MATLAB Implementation of Radon Transform with Ridgelet Applications

Resource Overview

MATLAB code for Radon transform implementation with applications in ridgelet transform for edge detection and signal denoising

Detailed Documentation

The Radon transform serves as a fundamental mathematical tool in image processing and computer vision, primarily employed for image reconstruction from projection data. In MATLAB, this transform can be efficiently implemented using the built-in radon() function which computes line integrals along specified angles. The inverse Radon transform for reconstruction is achieved through the iradon() function, typically utilizing filtered backprojection algorithms. The ridgelet transform represents an advanced mathematical technique particularly effective for image processing tasks. It excels in directional feature detection, making it ideal for edge identification in images with linear structures. For signal processing, ridgelet transforms demonstrate robust noise reduction capabilities by leveraging sparse representations in the Radon domain.

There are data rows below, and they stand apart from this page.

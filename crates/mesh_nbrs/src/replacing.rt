//! One neighbour in place of those that a HELLO speaks of (RFC 6130, section 12.3).
ghost use Rattle.std.specs.Prelude.{◌≡◌, ◌≤◌, ◌<◌, ◌+◌, ◌&&◌, ◌↔◌, ℕ, IsTrue, OnOk, OnErr, Contains, None, Some, cond, not, length, is_some, if◌then◌else◌};
ghost use Rattle.std.specs.List.{list_any};
ghost use Rattle.mesh_atoms.specs.declared.addr.Addr4.{Addr4};
ghost use Rattle.mesh_atoms.specs.declared.tuples.Neighbour.{Neighbour};
ghost use Rattle.mesh_atoms.specs.Base.{HasDistinctKeys, SetsOnly, find, addr_eq};
ghost use Rattle.mesh_atoms.specs.Words.{Meets};
ghost use Rattle.mesh_nbrs.specs.Owners.{Owned, SetsOwner, addrs_at, owner_of};

use crate::owners::{disown, own_all, remove_owned};
use indexmap::IndexMap;
use mesh_atoms::{Addr4, Neighbour};
use mesh_expire::Table;
use std::alloc::AllocError;

/// Takes out the neighbours with these originators, but for the one with that originator. Takes no memory.
pub fn remove_others<T: Table<Addr4, Neighbour>>(
    table: &mut T,
    owners: &mut IndexMap<Addr4, Addr4>,
    found: &[Addr4],
    originator: Addr4,
)
    requires owned { Owned owners.old.entries (T.content table.old) }
    requires distinct { HasDistinctKeys addr_eq (T.content table.old) }
    ensures owned { Owned owners.new.entries (T.content table.new) }
    ensures gone { (o : _) → find addr_eq (T.content table.new) o
        ≡ cond (list_any (λ x. addr_eq x o && not (addr_eq x originator)) found.now) None (find addr_eq (T.content table.old) o) }
    ensures within { length (T.content table.new) ≤ length (T.content table.old) }
    ensures distinct { HasDistinctKeys addr_eq (T.content table.new) }
{
    for other in found {
        if *other == originator {
            continue;
        }
        remove_owned(table, owners, *other);
    }
}

// Whether two lists are the same.
fn are_same(addrs: &[Addr4], others: &[Addr4]) -> bool
    ensures { IsTrue result ↔ (addrs.now ≡ others.now) }
{
    addrs == others
}

// Whether the neighbour with that originator has just these addresses.
fn has_just<T: Table<Addr4, Neighbour>>(table: &T, originator: Addr4, addrs: &[Addr4]) -> bool
    ensures { IsTrue result ↔ (addrs_at (T.content table.now) originator ≡ Some addrs.now) }
{
    match table.get(&originator) {
        Some((neighbour, _)) => are_same(neighbour.addrs.as_slice(), addrs),
        None => false,
    }
}

// Notes the addresses and puts the neighbour in, as far as there is memory.
fn own_and_put<T: Table<Addr4, Neighbour>>(
    table: &mut T,
    owners: &mut IndexMap<Addr4, Addr4>,
    originator: Addr4,
    addrs: &[Addr4],
    neighbour: Neighbour,
    until: u64,
) -> Result<(), AllocError>
    requires { HasDistinctKeys addr_eq (T.content table.old) }
    ensures noted { OnOk result (SetsOwner addrs.now (Some originator) owners.old.entries owners.new.entries) }
    ensures others { (a : Addr4) → (Contains addrs.now a → ⊥) → owner_of owners.new.entries a ≡ owner_of owners.old.entries a }
    ensures ok { OnOk result (SetsOnly addr_eq (T.content table.old) (T.content table.new) originator (Some (neighbour, until))) }
    ensures err { OnErr result (T.content table.new ≡ T.content table.old) }
    ensures count { OnOk result (length (T.content table.new)
        ≡ length (T.content table.old) + (if is_some (find addr_eq (T.content table.old) originator) then 0 else 1)) }
    ensures distinct { HasDistinctKeys addr_eq (T.content table.new) }
{
    own_all(owners, addrs, originator)?;
    table.put(originator, neighbour, until)
}

// Puts in a neighbour with these addresses, which no neighbour has.
fn put_new<T: Table<Addr4, Neighbour>>(
    table: &mut T,
    owners: &mut IndexMap<Addr4, Addr4>,
    originator: Addr4,
    addrs: &[Addr4],
    neighbour: Neighbour,
    until: u64,
) -> Result<(), AllocError>
    requires owned { Owned owners.old.entries (T.content table.old) }
    requires distinct { HasDistinctKeys addr_eq (T.content table.old) }
    requires addrs { neighbour.addrs ≡ addrs.now }
    requires absent { find addr_eq (T.content table.old) originator ≡ None }
    requires apart { (o : Addr4) (e : Neighbour × ℕ) → find addr_eq (T.content table.old) o ≡ Some e → Meets e.0.addrs addrs.now → ⊥ }
    ensures owned { Owned owners.new.entries (T.content table.new) }
    ensures ok { OnOk result (SetsOnly addr_eq (T.content table.old) (T.content table.new) originator (Some (neighbour, until))) }
    ensures count { OnOk result (length (T.content table.new) ≡ length (T.content table.old) + 1) }
    ensures distinct { HasDistinctKeys addr_eq (T.content table.new) }
{
    let put = own_and_put(table, owners, originator, addrs, neighbour, until);
    if put.is_err() {
        disown(owners, addrs);
    }
    put
}

/// Makes the neighbour with that originator, which has these addresses; no other neighbour has one of them. One that stands
/// with just these keeps its place, and its addresses aren't looked up. An allocation failure may take it out.
pub fn put_owned<T: Table<Addr4, Neighbour>>(
    table: &mut T,
    owners: &mut IndexMap<Addr4, Addr4>,
    originator: Addr4,
    addrs: &[Addr4],
    neighbour: Neighbour,
    until: u64,
) -> Result<(), AllocError>
    requires owned { Owned owners.old.entries (T.content table.old) }
    requires distinct { HasDistinctKeys addr_eq (T.content table.old) }
    requires addrs { neighbour.addrs ≡ addrs.now }
    requires apart { (o : Addr4) (e : Neighbour × ℕ) → find addr_eq (T.content table.old) o ≡ Some e → Meets e.0.addrs addrs.now → o ≡ originator }
    ensures owned { Owned owners.new.entries (T.content table.new) }
    ensures ok { OnOk result (SetsOnly addr_eq (T.content table.old) (T.content table.new) originator (Some (neighbour, until))) }
    ensures some { OnOk result (0 < length (T.content table.new)) }
    ensures within { OnOk result (length (T.content table.new) ≤ length (T.content table.old) + 1) }
    ensures distinct { HasDistinctKeys addr_eq (T.content table.new) }
{
    if has_just(table, originator, addrs) {
        return table.put(originator, neighbour, until);
    }
    remove_owned(table, owners, originator);
    put_new(table, owners, originator, addrs, neighbour, until)
}
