impl<'de, R: ReadSlice<'de>, K: Deserialize<'de, R> + Ord> Deserialize<'de, R> for Sorted<K> {
    ghost reads = { λ human lends m v. OfFields (codes "dogs" ∷ (codes "counts" ∷ (codes "numbers" ∷ [])))
        (Field (λ j. ⟦<BTreeMap<String, Dog> as Deserialize<'de, R>>⟧.reads human lends j v.dogs)
        (Absent ⟦<BTreeMap<String, Dog> as Deserialize<'de, R>>⟧.absent v.dogs)
        (Field (λ j. ⟦<BTreeMap<K, u64> as Deserialize<'de, R>>⟧.reads human lends j v.counts)
        (Absent ⟦<BTreeMap<K, u64> as Deserialize<'de, R>>⟧.absent v.counts)
        (Field (λ j. ⟦<BTreeSet<i16> as Deserialize<'de, R>>⟧.reads human lends j v.numbers)
        (Absent ⟦<BTreeSet<i16> as Deserialize<'de, R>>⟧.absent v.numbers) NoField))) m };

    ghost absent = { None };

    ghost refuses = { RefusesFields (codes "dogs" ∷ (codes "counts" ∷ (codes "numbers" ∷ [])))
        (is_none ⟦<BTreeMap<String, Dog> as Deserialize<'de, R>>⟧.absent
        ∷ (is_none ⟦<BTreeMap<K, u64> as Deserialize<'de, R>>⟧.absent ∷ (is_none ⟦<BTreeSet<i16> as Deserialize<'de, R>>⟧.absent ∷ [])))
        (part_of ⟦<BTreeMap<String, Dog> as Deserialize<'de, R>>⟧.reads ⟦<BTreeMap<String, Dog> as Deserialize<'de, R>>⟧.refuses
        ∷ (part_of ⟦<BTreeMap<K, u64> as Deserialize<'de, R>>⟧.reads ⟦<BTreeMap<K, u64> as Deserialize<'de, R>>⟧.refuses
        ∷ (part_of ⟦<BTreeSet<i16> as Deserialize<'de, R>>⟧.reads ⟦<BTreeSet<i16> as Deserialize<'de, R>>⟧.refuses ∷ []))) };

    #[inline(always)]
    fn deserialize<C: SerializerConfig>(
        de: &mut Deserializer<R, C>,
    ) -> Result<Sorted<K>, rmp_decode::Error> {
        let read: Result<
            (
                BTreeMap<String, Dog>,
                (BTreeMap<K, u64>, (BTreeSet<i16>, ())),
            ),
            rmp_decode::Error,
        > = rmp_decode::read_fields_3(de, &["dogs", "counts", "numbers"]);
        match read {
            Ok(parts) => {
                let (dogs, (counts, (numbers, ()))) = parts;
                return Ok(Sorted {
                    dogs,
                    counts,
                    numbers,
                });
            }
            Err(e) => return Err(e),
        }
    }

    fn missing() -> Option<Sorted<K>> {
        None
    }
}
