// Reads a queue of them.
#[cycle(frame_reading)]
fn read_frame_queue<R: Source, C: SerializerConfig, P: ReadPlaces<R> + FrameParts<R>>(
    de: &mut Deserializer<R, C>,
) -> Result<VecDeque<Frame>, rmp_decode::Error>
    ensures law { Lawful R.Source (λ m v. Row (IsFrame (P.reads_of C.human)) m v.items) de.old de.new result }
{
    let mut items = VecDeque::new(de.alloc());
    let mut seq = de.deserialize_seq()?;
    while let Some(item) = seq.next_element_with(
        |de: &mut Deserializer<R, C>| -> Result<Frame, rmp_decode::Error>
            ensures law { Lawful R.Source (λ m v. (IsFrame (P.reads_of C.human)) m v) de.old de.new result }
        { read_frame::<R, C, P>(de) },
    )? {
        items.push_back(item)?;
    }
    seq.end()?;
    Ok(items)
}

impl<'de, R: ReadSlice<'de>> Deserialize<'de, R> for Frame {
    ghost reads = { λ human lends. (IsFrame (
      ⟦<Id as Deserialize<'de, R>>⟧.reads human lends,
      ⟦<Width as Deserialize<'de, R>>⟧.reads human lends,
      ⟦<[u8; 16] as Deserialize<'de, R>>⟧.reads human lends,
      ⟦<BTreeMap<String, u64> as Deserialize<'de, R>>⟧.reads human lends,
      ⟦<Option<Width> as Deserialize<'de, R>>⟧.reads human lends,
    )) };

    ghost absent = { None };

    fn deserialize<C: SerializerConfig>(
        de: &mut Deserializer<R, C>,
    ) -> Result<Frame, rmp_decode::Error> {
        read_frame::<R, C, Slices<'de>>(de)
    }

    fn missing() -> Option<Frame> {
        None
    }
}

impl<'de, R: ReadSlice<'de>> RoundTrip<'de, R> for Frame {
    ghost use Rattle.test_nodes.specs.contracts.parts.derived.IdRoundTrip.TheImpl.Laws as id_rounds;
    ghost use Rattle.test_nodes.specs.contracts.parts.derived.WidthNeverNil.TheImpl.Laws as width_other;
    ghost use Rattle.test_nodes.specs.contracts.parts.derived.WidthRoundTrip.TheImpl.Laws as width_rounds;
    ghost use mir.Syntax.{given};

    ghost has_data = { λ human v. (frame_some (
      (λ x. ⟦<Id as Serialize>⟧.data_of x human),
      (λ x. ⟦<Width as Serialize>⟧.data_of x human),
      (λ x. ⟦<[u8; 16] as Serialize>⟧.data_of x human),
      (λ x. ⟦<BTreeMap<String, u64> as Serialize>⟧.data_of x human),
      (λ x. ⟦<Option<Width> as Serialize>⟧.data_of x human),
    )) (
      (λ x. (id_rounds.has_data-law R.row R.ReadSlice.own (given 0) R.Source (given 0) human x)),
      (λ x. (width_rounds.has_data-law R.row R.ReadSlice.own (given 0) R.Source (given 0) human x)),
      (λ x. (tuple_some _ (each_some (λ x. ⟦<u8 as Serialize>⟧.data_of x human) (λ x3. refl) x))),
      (λ x. (mapping_some (λ x. ⟦<String as Serialize>⟧.data_of x human) (λ x. ⟦<u64 as Serialize>⟧.data_of x human) (λ x4. refl) (λ x4. refl)
          x.entries)),
      (λ x. (option_some (λ x. ⟦<Width as Serialize>⟧.data_of x human)
          (λ x5. (width_rounds.has_data-law R.row R.ReadSlice.own (given 0) R.Source (given 0) human x5)) x)),
    ) v };

    ghost round = { λ lent s v fits. (frame_round s (
      ⟦<Id as Deserialize<'de, R>>⟧.reads s.human R.lends,
      ⟦<Width as Deserialize<'de, R>>⟧.reads s.human
          R.lends,
      ⟦<[u8; 16] as Deserialize<'de, R>>⟧.reads s.human R.lends,
      ⟦<BTreeMap<String, u64> as Deserialize<'de, R>>⟧.reads s.human R.lends,
      ⟦<Option<Width> as Deserialize<'de, R>>⟧.reads s.human R.lends,
    ) (
      (λ x. ⟦<Id as Serialize>⟧.data_of x s.human),
      (λ x. ⟦<Width as Serialize>⟧.data_of x s.human),
      (λ x. ⟦<[u8; 16] as Serialize>⟧.data_of x s.human),
      (λ x. ⟦<BTreeMap<String, u64> as Serialize>⟧.data_of x s.human),
      (λ x. ⟦<Option<Width> as Serialize>⟧.data_of x s.human),
    ) (
      ⟦<Id as Serialize>⟧.is_value,
      ⟦<Width as Serialize>⟧.is_value,
      ⟦<[u8; 16] as Serialize>⟧.is_value,
      ⟦<BTreeMap<String, u64> as Serialize>⟧.is_value,
      ⟦<Option<Width> as Serialize>⟧.is_value,
    )) (
      (λ x h. (id_rounds.round-law R.row R.ReadSlice.own (given 0) R.Source (given 0) (λ e. cc) s x h)),
      (λ x h. (width_rounds.round-law R.row R.ReadSlice.own (given 0) R.Source (given 0) (λ e. cc) s x h)),
      (λ x h. (tuple_row s _ (Exactly 16 (⟦<u8 as Deserialize<'de, R>>⟧.reads s.human R.lends) x)
          (rows_map s _ _ _ (λ ms each. (h.0, each)) (each_row s (λ x. ⟦<u8 as Serialize>⟧.data_of x s.human) ⟦<u8 as Serialize>⟧.is_value
          (⟦<u8 as Deserialize<'de, R>>⟧.reads s.human R.lends) (λ x7 h7. (byte_row s x7 h7)) x h.1)))),
      (λ x h. (map_row s (λ x. ⟦<String as Serialize>⟧.data_of x s.human) (λ x. ⟦<u64 as Serialize>⟧.data_of x s.human) ⟦<String as Serialize>⟧.is_value
          ⟦<u64 as Serialize>⟧.is_value (⟦<String as Deserialize<'de, R>>⟧.reads s.human R.lends) (⟦<u64 as Deserialize<'de, R>>⟧.reads s.human R.lends)
          (λ x8 h8. (string_row s (string_bytes x8))) (λ x9 h9. (unsigned_row_64 s x9 h9)) (on_total (λ x. string_bytes x) nat_list_cmp_total) x.entries h.1
          h.0)),
      (λ x h. (option_row s (λ x. ⟦<Width as Serialize>⟧.data_of x s.human) ⟦<Width as Serialize>⟧.is_value
          (⟦<Width as Deserialize<'de, R>>⟧.reads s.human R.lends) (λ x11. width_other.never_nil-law s x11)
          (λ x10 h10. (width_rounds.round-law R.row R.ReadSlice.own (given 0) R.Source (given 0) (λ e. cc) s x10 h10)) x h)),
    ) v fits };

    ghost same = { (SameFrame (
      ⟦<Id as RoundTrip<'de, R>>⟧.same,
      ⟦<Width as RoundTrip<'de, R>>⟧.same,
      ⟦<[u8; 16] as RoundTrip<'de, R>>⟧.same,
      ⟦<BTreeMap<String, u64> as RoundTrip<'de, R>>⟧.same,
      ⟦<Option<Width> as RoundTrip<'de, R>>⟧.same,
    )) };

    ghost alike = { λ human v w h. (h (
      (λ x. ⟦<Id as Serialize>⟧.data_of x human),
      (λ x. ⟦<Width as Serialize>⟧.data_of x human),
      (λ x. ⟦<[u8; 16] as Serialize>⟧.data_of x human),
      (λ x. ⟦<BTreeMap<String, u64> as Serialize>⟧.data_of x human),
      (λ x. ⟦<Option<Width> as Serialize>⟧.data_of x human),
    )) (
      (λ x y e i. (id_rounds.alike-law R.row R.ReadSlice.own (given 0) R.Source (given 0) human x y e i)),
      (λ x y e i. (width_rounds.alike-law R.row R.ReadSlice.own (given 0) R.Source (given 0) human x y e i)),
      (λ x y e i. (array_alike ⟦<u8 as RoundTrip<'de, R>>⟧.same (λ x. ⟦<u8 as Serialize>⟧.data_of x human)
          (λ x1 yx1 h1 i. (⟦<u8 as Serialize>⟧.data_of (h1 i) human)) x y e i)),
      (λ x y e i. (mapping_alike ⟦<String as RoundTrip<'de, R>>⟧.same (λ x. ⟦<String as Serialize>⟧.data_of x human)
          (λ x2 yx2 h2 i. (text_alike (string_bytes x2) (string_bytes yx2) h2 i)) ⟦<u64 as RoundTrip<'de, R>>⟧.same
          (λ x. ⟦<u64 as Serialize>⟧.data_of x human) (λ x3 yx3 h3 i. (⟦<u64 as Serialize>⟧.data_of (h3 i) human)) x.entries y.entries e i)),
      (λ x y e i. (option_alike ⟦<Width as RoundTrip<'de, R>>⟧.same (λ x. ⟦<Width as Serialize>⟧.data_of x human)
          (λ x4 yx4 h4 i. (width_rounds.alike-law R.row R.ReadSlice.own (given 0) R.Source (given 0) human x4 yx4 h4 i)) x y e i)),
    ) };

    ghost only = { λ s v fits. (frame_only s (
      ⟦<Id as Deserialize<'de, R>>⟧.reads s.human R.lends,
      ⟦<Width as Deserialize<'de, R>>⟧.reads s.human R.lends,
      ⟦<[u8; 16] as Deserialize<'de, R>>⟧.reads s.human R.lends,
      ⟦<BTreeMap<String, u64> as Deserialize<'de, R>>⟧.reads s.human R.lends,
      ⟦<Option<Width> as Deserialize<'de, R>>⟧.reads s.human R.lends,
    ) (
      (λ x. ⟦<Id as Serialize>⟧.data_of x s.human),
      (λ x. ⟦<Width as Serialize>⟧.data_of x s.human),
      (λ x. ⟦<[u8; 16] as Serialize>⟧.data_of x s.human),
      (λ x. ⟦<BTreeMap<String, u64> as Serialize>⟧.data_of x s.human),
      (λ x. ⟦<Option<Width> as Serialize>⟧.data_of x s.human),
    ) (
      ⟦<Id as Serialize>⟧.is_value,
      ⟦<Width as Serialize>⟧.is_value,
      ⟦<[u8; 16] as Serialize>⟧.is_value,
      ⟦<BTreeMap<String, u64> as Serialize>⟧.is_value,
      ⟦<Option<Width> as Serialize>⟧.is_value,
    ) (
      ⟦<Id as RoundTrip<'de, R>>⟧.same,
      ⟦<Width as RoundTrip<'de, R>>⟧.same,
      ⟦<[u8; 16] as RoundTrip<'de, R>>⟧.same,
      ⟦<BTreeMap<String, u64> as RoundTrip<'de, R>>⟧.same,
      ⟦<Option<Width> as RoundTrip<'de, R>>⟧.same,
    )) (
      (λ x h. (id_rounds.only-law R.row R.ReadSlice.own (given 0) R.Source (given 0) s x h)),
      (λ x h. (width_rounds.only-law R.row R.ReadSlice.own (given 0) R.Source (given 0) s x h)),
      (λ x h. (array_only s _ 16 (⟦<u8 as Deserialize<'de, R>>⟧.reads s.human R.lends) ⟦<u8 as RoundTrip<'de, R>>⟧.same x
          (tuple_row s _ (λ ms. ReadsEach (Only (⟦<u8 as Deserialize<'de, R>>⟧.reads s.human R.lends) ⟦<u8 as RoundTrip<'de, R>>⟧.same) ms x)
          (each_row s (λ x. ⟦<u8 as Serialize>⟧.data_of x s.human) ⟦<u8 as Serialize>⟧.is_value
          (Only (⟦<u8 as Deserialize<'de, R>>⟧.reads s.human R.lends) ⟦<u8 as RoundTrip<'de, R>>⟧.same) (λ x5 h5. (byte_only s x5)) x h.1)))),
      (λ x h. (entries_only (⟦<String as Deserialize<'de, R>>⟧.reads s.human R.lends) (⟦<u64 as Deserialize<'de, R>>⟧.reads s.human R.lends)
          ⟦<String as RoundTrip<'de, R>>⟧.same ⟦<u64 as RoundTrip<'de, R>>⟧.same s _ (λ w. w.entries) {cmp = ⟦<String as Ord>⟧.cmp}
          (on_total (λ x. string_bytes x) nat_list_cmp_total) (λ x y e. tied (slice_cmp nat_cmp) nat_list_cmp_total (string_bytes x) (string_bytes y) e)
          x.entries h.1 (pairs_row s (λ x. ⟦<String as Serialize>⟧.data_of x s.human) (λ x. ⟦<u64 as Serialize>⟧.data_of x s.human)
          ⟦<String as Serialize>⟧.is_value ⟦<u64 as Serialize>⟧.is_value
          (Only (⟦<String as Deserialize<'de, R>>⟧.reads s.human R.lends) ⟦<String as RoundTrip<'de, R>>⟧.same)
          (Only (⟦<u64 as Deserialize<'de, R>>⟧.reads s.human R.lends) ⟦<u64 as RoundTrip<'de, R>>⟧.same)
          (λ x6 h6. (string_only s (λ w. string_bytes w) (string_bytes x6))) (λ x7 h7. (unsigned_only s 18446744073709551615 x7)) x.entries h.0))),
      (λ x h. (option_only s _ (⟦<Width as Deserialize<'de, R>>⟧.reads s.human R.lends) ⟦<Width as RoundTrip<'de, R>>⟧.same x
          (option_row s (λ x. ⟦<Width as Serialize>⟧.data_of x s.human) ⟦<Width as Serialize>⟧.is_value
          (Only (⟦<Width as Deserialize<'de, R>>⟧.reads s.human R.lends) ⟦<Width as RoundTrip<'de, R>>⟧.same) (λ x9. width_other.never_nil-law s x9)
          (λ x8 h8. (width_rounds.only-law R.row R.ReadSlice.own (given 0) R.Source (given 0) s x8 h8)) x h))),
    ) v fits };
}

MATLAB implementations often involve applying wavelet transforms to Radon transform coefficients, requiring custom coding since no direct built-in function exists. Both transforms constitute essential components in modern image processing toolkits. They prove particularly valuable when handling complex imagery or signal datasets where traditional Fourier-based methods may underperform. Key implementation considerations include parameter optimization for projection angles in Radon transforms and scale-direction tuning for ridgelet transforms to achieve optimal results across various applications.